Since the terminal of the 4th pair D on the concentrator side of the 8-core twisted pair cable 220 coming from the IO 230 to which 0 is connected is connected by the japer cable 219, a plurality of local modems 24
It is possible to freely supply power to 0.

Although the case where the PDS is applied has been described in the embodiments shown in FIGS. 2 and 3, the present invention is not limited to this.

[0052]

As described above, according to the first aspect of the present invention, it is possible to supply a DC voltage from a single DC power source to a plurality of channels by using a plurality of multi-core communication cables (twisted pair cables). When the number increases, the number of DC power outlets can be reduced, and the aesthetics of the office space and the safety can be improved.

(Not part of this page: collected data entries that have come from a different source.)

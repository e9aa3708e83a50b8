//! The elements of arrays, which are not held in registers.

ghost use Rattle.std.specs.Prelude.{◌≡◌};
ghost use Rattle.std.specs.Option.{IfSome, MatchOption};
ghost use Rattle.dp_forms.specs.Registers.{IsCell, IsPut};

/// The element at an index of the array that has `count` cells from the first one on, if there is one.
#[inline(always)]
pub(crate) fn cell(memory: &[i64], first: u32, count: u32, index: i64) -> Option<i64>
    ensures { IfSome result (λ v. IsCell memory.now first count index v) }
{
    if index < 0 {
        return None;
    }
    let place = index as usize;
    if place < count as usize {
        let at = first as usize + place;
        if at < memory.len() {
            return Some(memory[at]);
        }
    }
    None
}

/// Puts a value there, if there is such an element.
#[inline(always)]
pub(crate) fn put(memory: &mut [i64], first: u32, count: u32, index: i64, value: i64) -> Option<()>
    ensures { MatchOption result (memory.new ≡ memory.old) (λ _. IsPut memory.old first count index value memory.new) }
{
    if index < 0 {
        return None;
    }
    let place = index as usize;
    if place < count as usize {
        let at = first as usize + place;
        if at < memory.len() {
            memory[at] = value;
            return Some(());
        }
    }
    None
}
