//! Room: a list and a box that contracts see as what they hold, and the one answer where memory was wanting.
#![tactic(auto)]

mod boxed;
mod memory;
mod row;

pub use boxed::Boxed;
pub use row::Row;

/// The answer where memory was wanting. `?` makes it of the allocator's errors.
#[derive(Clone, Copy, Debug)]
pub struct NoMemory;
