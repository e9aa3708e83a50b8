//! Where a program's variables are, beside the registers.

ghost use Rattle.std.specs.Prelude.{◌≡◌, ◌<◌, ◌+◌, ◌^◌, IsTrue};
ghost use Rattle.dp_forms.specs.Registers.{is_register_home, homes_apart};
ghost use Rattle.dp_meaning.specs.Places.{site_number};
ghost use Rattle.dp_forms.specs.Values.{IsRegister, IsArray};

use dp_base::VarId;
use dp_tree::{Program, Stmt};

/// Whether the cell is the home of this register, and of none before it.
fn home_is(homes: &[u32], register: usize, cell: u32) -> bool
    ensures { result ≡ is_register_home homes.now register cell }
{
    let mut left = register;
    for home in homes {
        if *home == cell {
            return left == 0;
        }
        if left == 0 {
            return false;
        }
        left -= 1;
    }
    false
}

/// Whether no register's home is among these cells.
fn are_apart(homes: &[u32], first: u64, count: u64) -> bool
    requires { first + count < 2 ^ 63 }
    ensures { result ≡ homes_apart homes.now first count }
{
    for home in homes {
        let home = *home as u64;
        if home < first {} else if home < first + count {
            return false;
        }
    }
    true
}

/// Whether the variable's cell is the home of this register.
pub(crate) fn is_register(
    program: &Program,
    homes: &[u32],
    size: u32,
    register: usize,
    variable: VarId,
) -> bool
    ensures { IsTrue result → IsRegister program.now homes.now size register variable }
{
    match program.vars.get(variable.0 as usize) {
        Some(info) => {
            let first = info.first.0;
            first < size && home_is(homes, register, first)
        }
        None => false,
    }
}

/// Whether the variable has just these cells, apart from the registers' homes.
pub(crate) fn is_array(
    program: &Program,
    homes: &[u32],
    size: u32,
    first: u32,
    count: u32,
    variable: VarId,
) -> bool
    ensures { IsTrue result → IsArray program.now homes.now size first count variable }
{
    match program.vars.get(variable.0 as usize) {
        Some(info) => {
            info.first.0 == first
                && info.length == count
                && first as u64 + count as u64 <= size as u64
                && are_apart(homes, first as u64, count as u64)
        }
        None => false,
    }
}

/// The statement's site; a call has none.
pub(crate) fn site_of(statement: &Stmt) -> u32
    ensures { result ≡ site_number statement.now }
{
    match statement {
        Stmt::Assign { site, .. }
        | Stmt::Store { site, .. }
        | Stmt::Print { site, .. }
        | Stmt::If { site, .. }
        | Stmt::While { site, .. }
        | Stmt::Region { site, .. }
        | Stmt::Break { site, .. } => site.0,
        Stmt::Call { .. } => 0,
    }
}
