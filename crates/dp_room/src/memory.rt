//! Want of memory, from the allocator's errors.
ghost use Rattle.std.specs.Prelude.{◌≡◌};

use crate::NoMemory;
use std::alloc::{AllocError, AllocFailed};

impl From<AllocError> for NoMemory {
    ghost use Rattle.dp_room.specs.Memory.{no_memory};

    ghost from_gives = { λ _ e. e ≡ no_memory };

    fn from(_refused: AllocError) -> NoMemory {
        NoMemory
    }
}

/// The value that found no room is dropped.
impl<T: Drop> From<AllocFailed<T>> for NoMemory {
    ghost use Rattle.dp_room.specs.Memory.{no_memory};

    ghost from_gives = { λ _ e. e ≡ no_memory };

    fn from(_refused: AllocFailed<T>) -> NoMemory {
        NoMemory
    }
}
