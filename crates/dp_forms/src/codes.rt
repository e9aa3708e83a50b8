//! Code that executes statements.

ghost use Rattle.std.specs.Prelude.{◌≡◌, ◌≤◌, ◌<◌, ◌^◌, List, ℕ, IsTrue, length};
ghost use Rattle.std.specs.Option.{MatchOption};
ghost use Rattle.dp_tree.specs.declared.Program.{Program};
ghost use Rattle.dp_tree.specs.declared.Stmt.{Stmt};
ghost use Rattle.dp_forms.specs.Codes.{Runs, Enters};

use super::state::State;
use dp_base::Row;
use dp_tree::{Program, Stmt};

/// Some statements over N registers and the memory's cells.
pub trait Code<const N: usize> {
    /// Whether the code is that of these statements, where the registers have these home cells and the memory has this size.
    ghost is_of: { Program → List ℕ → ℕ → List Stmt → Type 0 };

    /// Answers true only where it is.
    fn is(program: &Program, homes: &[u32], size: u32, statements: &[Stmt]) -> bool
        ensures { IsTrue result → is_of program.now homes.now size statements.now };

    /// Executes the statements, as far as it goes. W says for whom the code is made, and nothing else.
    fn run<W>(input: &[i64], memory: &mut [i64], out: &mut Row<i64>, state: State<N>) -> State<N>
        requires { state.at ≡ 0 }
        ensures less { result.fuel ≤ state.entry.fuel }
        ensures small { result.at < 2 ^ 32 }
        ensures runs { Runs is_of input.now state.entry.fuel state.entry.registers memory.old out.old result.at result.fuel result.registers
            memory.new out.new };

    /// Goes on at a site, where the code can begin there.
    fn enter(
        site: u32,
        input: &[i64],
        memory: &mut [i64],
        out: &mut Row<i64>,
        state: &State<N>,
    ) -> Option<State<N>>
        requires { state.now.at ≡ 0 }
        ensures { MatchOption result ((memory.new ≡ memory.old) × (out.new ≡ out.old)) (λ to. (to.at < 2 ^ 32)
            × Enters is_of site input.now state.now.fuel state.now.registers memory.old out.old to.at to.fuel to.registers memory.new out.new) };
}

According to the second aspect, it is not necessary to provide the power source of the local modem near the local modem as in the conventional case.

[Brief description of drawings]

FIG. 1 is a configuration explanatory view showing an embodiment of a power supply method for a local modem according to claim 1;

FIG. 2 is a structural explanatory view showing an embodiment of a power supply device for a local modem according to claim 2;

FIG. 3 is a structural explanatory view showing another embodiment of the power supply device for a local modem according to claim 2;

FIG. 4 is a configuration explanatory view showing a conventional data transmission device.

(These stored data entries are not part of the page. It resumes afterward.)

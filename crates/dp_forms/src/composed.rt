//! A program's code with its registers: what it begins from and what it leaves are the memory's cells.

ghost use Rattle.std.specs.Prelude.{◌≡◌, ◌≢◌, ◌<◌, ◌≤◌, ◌+◌, ◌-◌, ◌^◌, IsTrue, length, get_or, pos};
ghost use Rattle.dp_tree.specs.declared.Program.{Program};
ghost use Rattle.dp_tree.specs.Inlined.{IsInlined};
ghost use Rattle.dp_tree.specs.Step.{standing};
ghost use Rattle.dp_meaning.specs.declared.ends.Part.TheVariants.{Plain};
ghost use Rattle.dp_meaning.specs.MachineState.{part_of};
ghost use Rattle.dp_meaning.specs.Places.{config_at, rest_at};
ghost use Rattle.dp_native.specs.Reaches.{Reaches};
ghost use Rattle.dp_forms.specs.Registers.{merged};
ghost use Rattle.dp_forms.specs.Codes.{IsWhole};

use super::codes::Code;
use super::state::State;
use dp_base::Row;
use dp_native::NativeProgram;
use dp_tree::Program;
use std::marker::PhantomData;

/// The code M with its N registers: their home cells, the memory's size, and how many sites the program has.
#[derive(Drop)]
pub struct Composed<const N: usize, M> {
    pub homes: [u32; N],
    pub size: u32,
    pub sites: u32,
    pub of: PhantomData<M>,
}

impl<const N: usize, M: Code<N>> Composed<N, M> {
    /// Whether the memory is as long as the code takes it to be, and neither the place nor the registers are too many.
    fn is_ready(&self, place: u32, cells: &[i64]) -> bool
        ensures { IsTrue result → (length cells.now ≡ self.now.size) × (place + 1 < 2 ^ 32) × (N ≤ 65536) }
    {
        cells.len() == self.size as usize && place < u32::MAX && N <= 65536
    }
}

impl<const N: usize, M: Code<N>> NativeProgram for Composed<N, M> {
    ghost suits = { λ composed program. IsWhole M.is_of composed.homes composed.size composed.sites program };

    fn is(&self, program: &Program) -> bool
        ensures { IsTrue result → IsWhole M.is_of self.now.homes self.now.size self.now.sites program.now }
    {
        program.sites.len() == self.sites as usize
            && M::is(program, &self.homes, self.size, program.main.as_slice())
    }

    fn run(
        &self,
        place: u32,
        input: &[i64],
        cells: &mut [i64],
        fuel: u64,
        out: &mut Row<i64>,
    ) -> (u32, u64)
        ensures { (p : Program) → IsInlined p → IsWhole M.is_of self.now.homes self.now.size self.now.sites p →
            part_of (rest_at p place) ≡ Plain →
            Reaches p input.now fuel out.old (config_at p (record { place = place; cells = cells.old })) result.1 out.new
            (standing p (rest_at p result.0) cells.new) }
    {
        let ready = self.is_ready(place, cells);
        if !ready {
            return (place, fuel);
        }
        let state = State {
            at: 0,
            fuel,
            registers: loaded(&self.homes, cells),
        };
        match M::enter(place + 1, input, cells, out, &state) {
            Some(to) => {
                put_back(&self.homes, &to.registers, cells);
                let next = place_of(to.at, self.sites);
                (next, to.fuel)
            }
            None => (place, fuel),
        }
    }
}

/// The machine's place of a site, or the one behind all.
fn place_of(at: u64, sites: u32) -> u32
    requires { at < 2 ^ 32 }
    ensures done { at ≡ 0 → result ≡ sites }
    ensures left { at ≢ 0 → result ≡ at - 1 }
{
    if at == 0 { sites } else { (at - 1) as u32 }
}

/// The values of the registers' home cells.
fn loaded<const N: usize>(homes: &[u32; N], cells: &[i64]) -> [i64; N]
    ensures { merged homes.now result cells.now ≡ cells.now }
{
    let mut registers = [0i64; N];
    for k in 0..N {
        let value = value_at(cells, homes[k]);
        registers[k] = value;
    }
    registers
}

/// What the cell holds, or 0 where there is none.
fn value_at(cells: &[i64], cell: u32) -> i64
    ensures { result ≡ get_or cells.now cell (pos 0) }
{
    let place = cell as usize;
    if place < cells.len() { cells[place] } else { 0 }
}

/// Puts the registers into their home cells.
fn put_back(homes: &[u32], registers: &[i64], cells: &mut [i64])
    ensures { cells.new ≡ merged homes.now registers.now cells.old }
{
    match homes {
        [home, homes_behind @ ..] => match registers {
            [register, registers_behind @ ..] => {
                put_back(homes_behind, registers_behind, cells);
                let place = *home as usize;
                if place < cells.len() {
                    cells[place] = *register;
                }
            }
            [] => {}
        },
        [] => {}
    }
}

FIG. 5 is an explanatory diagram of a PDS configuration.

[Explanation of symbols]

102,112,122,132 Local modem 105,115,125,135 8-core twisted cable 106,136 Large capacity DC power supply 200 Single DC power supply device 203,204 Electric wire 210 Concentration board 220 8-core twisted cable 230 IO (Information outlet) ) 240 local modem

─────────────────────────────────────────────────── ───

[Procedure amendment]

[Submission date] April 24, 1992

[Procedure Amendment 1]

[Document name to be corrected] Drawing

[Correction target item name] All drawings

[Correction method] Change

[Correction content]

[Figure 1]

[Fig. 2]

[Figure 3]

[Figure 4]

[Figure 5]

Claims (2)

[Claims] 1. A DC voltage is supplied from a single DC power source to a plurality of indoor modems that operate by supplying DC voltage from the outside, using a multicore communication cable compatible with each indoor modem. Power supply method for modem. 2. A single direct current power supply device, a concentrator for connecting to the single direct current power supply device through an electric wire, to which a communication electric wire or cable is attached, and a single direct current power supply device attached to the concentrator. And a communication wire or cable for connection to a communication wire or cable, an information outlet provided at the end of this multicore communication cable, and a single DC power supply unit attached to this information outlet to connect the communication wire or cable A power supply device for a local modem, which comprises a plurality of local modems.